[Problem statement]:
For the string "IsTrue", find every matching line in the records and copy it.

[Provided records]:

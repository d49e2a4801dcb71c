//! Nodes of a form of the caller's own, kept in a list. Their texts stay in the input.
ghost use Rattle.std.specs.Prelude.{◌≡◌, ◌≤◌, ◌<◌, ◌+◌, ◌++◌, ℕ, true, false, List, [], ◌∷◌};
ghost use Rattle.std.specs.Prelude.{length, map, IfOk, IsTrue, IsFalse, slice_set};
ghost use Rattle.std.specs.Result.{result_err};
ghost use Rattle.std.specs.Vec.{vec_capacity};
ghost use Rattle.simd_json.specs.Capacities.{KeepsCapacities, capacity};
ghost use Rattle.simd_json.specs.KeptSpans.{AreFormed, IsNoted, Loan};
ghost use Rattle.simd_json.specs.Parsed.{IsParseResult};
ghost use Rattle.simd_json_parts.specs.Limits.{max_length};
ghost use Rattle.simd_json_parts.specs.Nodes.{static_item, string_item, decimal_item};
ghost use Rattle.simd_json_stages.specs.Building.{header_of};
ghost use Rattle.simd_json_stages.specs.Placed.{Placed, is_long, placed_at, textless};

use crate::buffers::Buffers;
use crate::spans::fill_spans;
use simd_json_parts::error::Result;
use simd_json_parts::node::StaticNode;
use simd_json_stages::stage2::{Container, Noted, SpanSink};
use std::alloc::Allocator;

/// A node of a form of the caller's own, which [`keep_spans`] keeps. It is made of where its text
/// lies in the input after the parse, a byte index and a number of bytes. Here it is that alone:
///
/// ```
/// ghost use Rattle.std.specs.Prelude.{length};
/// use simd_json::{Container, SpanNode, StaticNode};
///
/// /// Where a text lies; where there is none, 0 bytes at 0.
/// #[derive(Clone, Copy, Drop)]
/// pub struct Place {
///     pub at: usize,
///     pub len: usize,
/// }
///
/// impl SpanNode for Place {
///     ghost form = { λ p. record { at = p.at; len = length p.text } };
///
///     fn string(at: usize, len: usize) -> Place {
///         Place { at, len }
///     }
///     fn decimal(at: usize, len: usize) -> Place {
///         Place { at, len }
///     }
///     fn wide_integer(at: usize, len: usize, _value: StaticNode) -> Place {
///         Place { at, len }
///     }
///     fn short_scalar(_value: StaticNode) -> Place {
///         Place { at: 0, len: 0 }
///     }
///     fn header(_container: Container, _len: usize, _count: usize) -> Place {
///         Place { at: 0, len: 0 }
///     }
/// }
/// ```
pub trait SpanNode: Copy {
    // The node of what a sink is given.
    ghost form: { Placed → Self };

    /// A string or a key: where its decoded text lies.
    fn string(at: usize, len: usize) -> Self
        ensures { (text : List ℕ) → length text ≡ len
            → result ≡ form (placed_at at text (string_item text)) };

    /// A number with a fraction or an exponent: where its literal lies.
    fn decimal(at: usize, len: usize) -> Self
        ensures { (text : List ℕ) → length text ≡ len
            → result ≡ form (placed_at at text (decimal_item text)) };

    /// An integer that needs 128 bits: where its literal lies, and its value.
    fn wide_integer(at: usize, len: usize, value: StaticNode) -> Self
        requires { is_long value ≡ true }
        ensures { (text : List ℕ) → length text ≡ len
            → result ≡ form (placed_at at text (static_item value)) };

    /// A null, a boolean or an integer of 64 bits.
    fn short_scalar(value: StaticNode) -> Self
        requires { is_long value ≡ false }
        ensures { result ≡ form (textless (static_item value)) };

    /// The header of a container with `len` members, and `count` nodes beneath it.
    fn header(container: Container, len: usize, count: usize) -> Self
        ensures { result ≡ form (textless (header_of container len count)) };
}

/// Reads a document as [`fill_spans`] does, and keeps its nodes in an empty list. Returns whether
/// all are kept: `false` where the list had to grow, and could not.
///
/// The errors are those of [`to_tape`](crate::to_tape). After one, and where not all are kept, the
/// list may hold nodes. No capacity is given up.
pub fn keep_spans<N: SpanNode, A: Allocator>(
    s: &mut [u8],
    buffers: &mut Buffers<A>,
    nodes: &mut Vec<N>,
) -> Result<bool>
    requires empty { nodes.old.items ≡ [] }
    ensures read { (ps : List Placed) × IsParseResult s.old buffers.old.limit
        (capacity buffers.old) (result_err result) (map (λ p. p.item) ps)
        × IfOk result (λ are_kept. (IsTrue are_kept → AreFormed N.form ps s.new nodes.new.items)
        × (IsFalse are_kept → vec_capacity nodes.old < length ps)) }
    ensures kept { (buffers.new.limit ≡ buffers.old.limit)
        × KeepsCapacities buffers.old buffers.new }
    ensures nodes { vec_capacity nodes.old ≤ vec_capacity nodes.new }
{
    let noted = Noted::of(&&*nodes);
    // Most documents have fewer nodes. If there is no memory for as many, less may do.
    let _ = nodes.reserve(s.len() / 8);
    let mut sink = KeptSink {
        nodes,
        lost: 0,
        noted,
    };
    fill_spans(s, buffers, &mut sink)?;
    Ok(sink.lost == 0)
}

// Nodes in memory that grows with them, as long as allocations succeed.
#[derive(Drop)]
struct KeptSink<'t, N: SpanNode> {
    nodes: &'t mut Vec<N>,
    // how many nodes were appended and are not kept, from the first that could not be on
    lost: usize,
    // the ghost record of the nodes, kept or not
    noted: Noted,
    ghost counted: { length nodes.now.items + lost ≡ length noted.note.placed },
    ghost few: { length noted.note.placed ≤ max_length },
    ghost kept: { lost ≡ 0 → nodes.now.items ≡ map N.form noted.note.placed },
    ghost full: { 0 < lost → vec_capacity nodes.now ≤ length nodes.now.items },
    ghost capacity: { noted.note.node_capacity ≤ vec_capacity nodes.now },
}

impl<N: SpanNode> KeptSink<'_, N> {
    #[inline(always)]
    fn put(&mut self, node: N, noted: Noted)
        requires room { length self.old.noted.note.placed < max_length }
        requires one { IsNoted N.form self.old.noted.note noted.note node }
        ensures note { self.new.noted.note ≡ noted.note }
        ensures nodes { self.new.nodes.ghost_name ≡ self.old.nodes.ghost_name }
    {
        keep_node(&mut self.lost, self.nodes, node);
        self.noted = noted;
    }
}

impl<N: SpanNode> SpanSink for KeptSink<'_, N> {
    ghost placed = { λ s. s.noted.note.placed };

    ghost node_room = { λ _. max_length };

    ghost Lender = { Loan };

    ghost lender = { λ s. record {
      nodes = s.nodes.ghost_name;
      node_capacity = s.noted.note.node_capacity;
    } };

    #[inline(always)]
    fn len(&self) -> usize {
        self.nodes.len() + self.lost
    }

    #[inline(always)]
    fn push_string(&mut self, at: usize, string: &str) {
        let noted = Noted::of(&(&self.noted, at, string));
        self.put(N::string(at, string.len()), noted);
    }

    #[inline(always)]
    fn push_decimal(&mut self, at: usize, literal: &str) {
        let noted = Noted::of(&(&self.noted, at, literal));
        self.put(N::decimal(at, literal.len()), noted);
    }

    #[inline(always)]
    fn push_wide(&mut self, at: usize, literal: &str, value: StaticNode) {
        let noted = Noted::of(&(&self.noted, at, literal, value));
        self.put(N::wide_integer(at, literal.len(), value), noted);
    }

    #[inline(always)]
    fn push_static(&mut self, value: StaticNode) {
        let noted = Noted::of(&(&self.noted, value));
        self.put(N::short_scalar(value), noted);
    }

    #[inline(always)]
    fn push_header(&mut self, container: Container) {
        let noted = Noted::of(&(&self.noted, container));
        self.put(N::header(container, 0, 0), noted);
    }

    #[inline(always)]
    fn set_counts(&mut self, header: usize, container: Container, len: usize, count: usize) {
        set_node(self.nodes, header, N::header(container, len, count));
        self.noted = Noted::of(&(&self.noted, header, container, len, count));
    }
}

// Appends a node if none before it is lost; else that one is lost, too. If there is memory for it,
// nothing is called.
#[inline(always)]
fn keep_node<N: Copy>(lost: &mut usize, nodes: &mut Vec<N>, node: N)
    requires few { lost.old < max_length }
    requires full { 0 < lost.old → vec_capacity nodes.old ≤ length nodes.old.items }
    ensures kept { lost.new ≡ 0
        → (lost.old ≡ 0) × (nodes.new.items ≡ nodes.old.items ++ node ∷ []) }
    ensures lost { 0 < lost.new
        → (lost.new ≡ lost.old + 1) × (nodes.new.items ≡ nodes.old.items) }
    ensures full { 0 < lost.new → vec_capacity nodes.new ≤ length nodes.new.items }
    ensures capacity { vec_capacity nodes.old ≤ vec_capacity nodes.new }
{
    if nodes.len() == nodes.capacity() && !has_grown(lost, nodes) {
        return;
    }
    nodes.push_reserved(node);
}

// Whether a full list has memory for one more node; else that one is lost. The node is not passed:
// what is passed by reference to a call that is not inlined is kept in memory, and a node that is
// stored there in parts and loaded whole waits for its stores.
#[cold]
#[inline(never)]
fn has_grown<N: Copy>(lost: &mut usize, nodes: &mut Vec<N>) -> bool
    requires few { lost.old < max_length }
    requires full { vec_capacity nodes.old ≤ length nodes.old.items }
    ensures grown { IsTrue result → (lost.old ≡ 0) × (lost.new ≡ 0)
        × (length nodes.new.items < vec_capacity nodes.new) }
    ensures lost { IsFalse result → (lost.new ≡ lost.old + 1)
        × (vec_capacity nodes.new ≤ length nodes.new.items) }
    ensures items { nodes.new.items ≡ nodes.old.items }
    ensures capacity { vec_capacity nodes.old ≤ vec_capacity nodes.new }
{
    if *lost > 0 || nodes.reserve(1).is_err() {
        *lost += 1;
        return false;
    }
    true
}

// Writes a node at index `at` if there is one.
#[inline(always)]
fn set_node<N: Copy>(nodes: &mut Vec<N>, at: usize, node: N)
    ensures set { at < length nodes.old.items
        → nodes.new.items ≡ slice_set nodes.old.items at node }
    ensures len { length nodes.new.items ≡ length nodes.old.items }
    ensures capacity { vec_capacity nodes.new ≡ vec_capacity nodes.old }
{
    if at < nodes.len() {
        nodes[at] = node;
    }
}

[Solution to the problem]:
ghost use Rattle.std.specs.Prelude.{length, map, IfOk, IsTrue, IsFalse, slice_set};
        × IfOk result (λ are_kept. (IsTrue are_kept → AreFormed N.form ps s.new nodes.new.items)
    ensures grown { IsTrue result → (lost.old ≡ 0) × (lost.new ≡ 0)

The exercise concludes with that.